Vender sin ser vendedor: demos, objeciones y casos de éxito
Una estructura de demo de quince minutos, respuestas tranquilas a las cinco objeciones que oirás de verdad y cómo convertir a tus primeros clientes en pruebas que venden por ti.
Lección 17 de 186 min de lecturaActualizado el 19 de agosto de 2026
Si la palabra «ventas» te revuelve un poco el estómago, buenas noticias: lo que cierra clientes a tu escala no es ninguna técnica de persuasión. Es una demo preparada, respuestas tranquilas a cinco objeciones previsibles y pruebas de clientes como ellos. Las tres cosas son preparación y no personalidad, lo que significa que quien no es vendedor pero prepara gana a quien tiene labia pero improvisa. Esta lección construye esos tres activos.
La demo: quince minutos, con su material y una pregunta
La estructura de demo de la semana del primer cliente merece su forma completa, porque vas a dar esta demo durante toda la vida del negocio.

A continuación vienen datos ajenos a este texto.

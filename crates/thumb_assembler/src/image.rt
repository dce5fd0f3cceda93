//! An image in memory, and the surroundings of an instruction in it (its target, literal and return address), which the model of a step takes.
ghost use Rattle.std.specs.Prelude.{◌≡◌, ◌+◌, ◌*◌, ◌<◌, ◌^◌, MatchOption};
ghost use Rattle.thumb_instr.specs.declared.instr.Instr.{Instr};
ghost use Rattle.thumb_model.specs.Layout.{literal_base};
ghost use Rattle.thumb_model.specs.Steps.{set_bit};
ghost use Rattle.thumb_machine.specs.Acting.{target_of};
ghost use Rattle.thumb_assembler.specs.Machines.{loaded_of};
ghost use Rattle.thumb_assembler.specs.Runs.{IsFetched, aim_from, byte_at, following, goes_to, half_at, is_code_address, literal_in, target_in, word_at};

use label_layout::instr_size;
use thumb_instr::{Byte, Instr};
use thumb_machine::{Around, Landing, Lands, Target};
use thumb_table::decode;

/// The bytes of an image from a base on, and where its code ends, in byte addresses.
#[derive(Drop)]
pub(crate) struct Image {
    pub(crate) bytes: Vec<u8>,
    pub(crate) base: u32,
    pub(crate) high: u32,
}

impl Image {
    /// The byte at an address: 0 outside the image.
    fn byte(&self, address: u64) -> u8
        ensures { result ≡ byte_at (loaded_of self.now) address }
    {
        match address.checked_sub(u64::from(self.base)) {
            None => 0,
            Some(offset) => self.bytes.get(offset as usize).copied().unwrap_or(0),
        }
    }

    /// The halfword at an address, its lower byte first.
    fn half(&self, address: u64) -> u16
        requires { address < 2 ^ 34 }
        ensures { result ≡ half_at (loaded_of self.now) address }
    {
        u16::from(self.byte(address)) + 256 * u16::from(self.byte(address + 1))
    }

    /// The word at an address, its lowest byte first.
    fn word(&self, address: u64) -> u32
        requires { address < 2 ^ 33 }
        ensures { result ≡ word_at (loaded_of self.now) address }
    {
        u32::from(self.half(address)) + 65536 * u32::from(self.half(address + 2))
    }

    /// The instruction that is encoded at an address of the image, if any.
    pub(crate) fn fetch(&self, address: u32) -> Option<Instr>
        ensures { MatchOption result ((i : Instr) → IsFetched (loaded_of self.now) address i → ⊥) (IsFetched (loaded_of self.now) address) }
    {
        let at = u64::from(address);
        if self.base <= address && ((address - self.base) as usize) < self.bytes.len() {
            decode(self.half(at), self.half(at + 2))
        } else {
            None
        }
    }

    /// Whether code may stand at an address.
    fn is_code(&self, address: u32) -> bool
        ensures { result ≡ is_code_address (loaded_of self.now) address }
    {
        self.base <= address && address < self.high
    }

    /// Where a direct branch to an address goes.
    fn target_at(&self, address: u32) -> Target
        ensures { target_of result ≡ goes_to (loaded_of self.now) address }
    {
        if self.is_code(address) {
            Target::Inside { at: address }
        } else {
            Target::External {
                word: address / 2 * 2 + 1,
            }
        }
    }

    /// Where the branch at an address goes. Another instruction gets the external target 0.
    fn target(&self, address: u32, instr: &Instr) -> Target
        ensures { target_of result ≡ target_in (loaded_of self.now) address instr.now }
    {
        match instr {
            Instr::BranchIf { distance, .. } => self.target_at(aim(address, distance.bytes())),
            Instr::Branch { distance } => self.target_at(aim(address, distance.bytes())),
            Instr::Call { distance } => self.target_at(aim(address, distance.bytes())),
            _ => Target::External { word: 0 },
        }
    }

    /// The word that a literal load at an address reads, or the address that ADR gives; 0 for another instruction.
    fn literal(&self, address: u32, instr: &Instr) -> u32
        ensures { result ≡ literal_in (loaded_of self.now) address instr.now }
    {
        match instr {
            Instr::Literal { distance, .. } => self.word(literal_address(address, *distance)),
            Instr::Address { distance, .. } => {
                (literal_address(address, *distance) % (1 << 32)) as u32
            }
            _ => 0,
        }
    }

    /// The surroundings of an instruction at an address.
    pub(crate) fn around(&self, address: u32, instr: &Instr) -> Around
        ensures target { target_of result.target ≡ target_in (loaded_of self.now) address instr.now }
        ensures literal { result.literal ≡ literal_in (loaded_of self.now) address instr.now }
        ensures link { result.link ≡ set_bit (following address instr.now) }
    {
        Around {
            target: self.target(address, instr),
            literal: self.literal(address, instr),
            link: behind(address, instr) / 2 * 2 + 1,
        }
    }
}

/// The address after an instruction.
pub(crate) fn behind(address: u32, instr: &Instr) -> u32
    ensures { result ≡ following address instr.now }
{
    address.wrapping_add(instr_size(instr))
}

/// The target address of a branch, from its own address and its distance in bytes.
fn aim(address: u32, bytes: i32) -> u32
    ensures { result ≡ aim_from address bytes }
{
    ((i64::from(address) + 4 + i64::from(bytes) + (1 << 32)) % (1 << 32)) as u32
}

/// The address of a literal: a distance in words from the instruction's address + 4, rounded down to a multiple of 4.
fn literal_address(address: u32, distance: Byte) -> u64
    ensures { result ≡ literal_base address + 4 * distance.number }
{
    (u64::from(address) + 4) / 4 * 4 + 4 * u64::from(distance.number)
}

impl Lands for Image {
    ghost use Rattle.thumb_assembler.specs.Machines.{loaded_of};
    ghost use Rattle.thumb_assembler.specs.Runs.{lands_at};

    ghost lands = { λ m. lands_at (loaded_of m) };

    fn lands(&self, word: u32) -> Landing {
        if word % 2 == 0 {
            return Landing::Strays;
        }
        let address = word - 1;
        if self.is_code(address) {
            Landing::Goes { at: address }
        } else {
            Landing::Leaves
        }
    }
}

Minutos 0–2: su problema, devuelto con tus palabras. Abre con lo que ya sabes: «imprimes pegatinas de QR cada vez que cambia la carta y no sabes si alguien las escanea». Un cliente potencial que oye su situación descrita con precisión se relaja, y tú ya te has diferenciado de todos los argumentos genéricos que ha visto. Es tu frase de posicionamiento haciendo su trabajo.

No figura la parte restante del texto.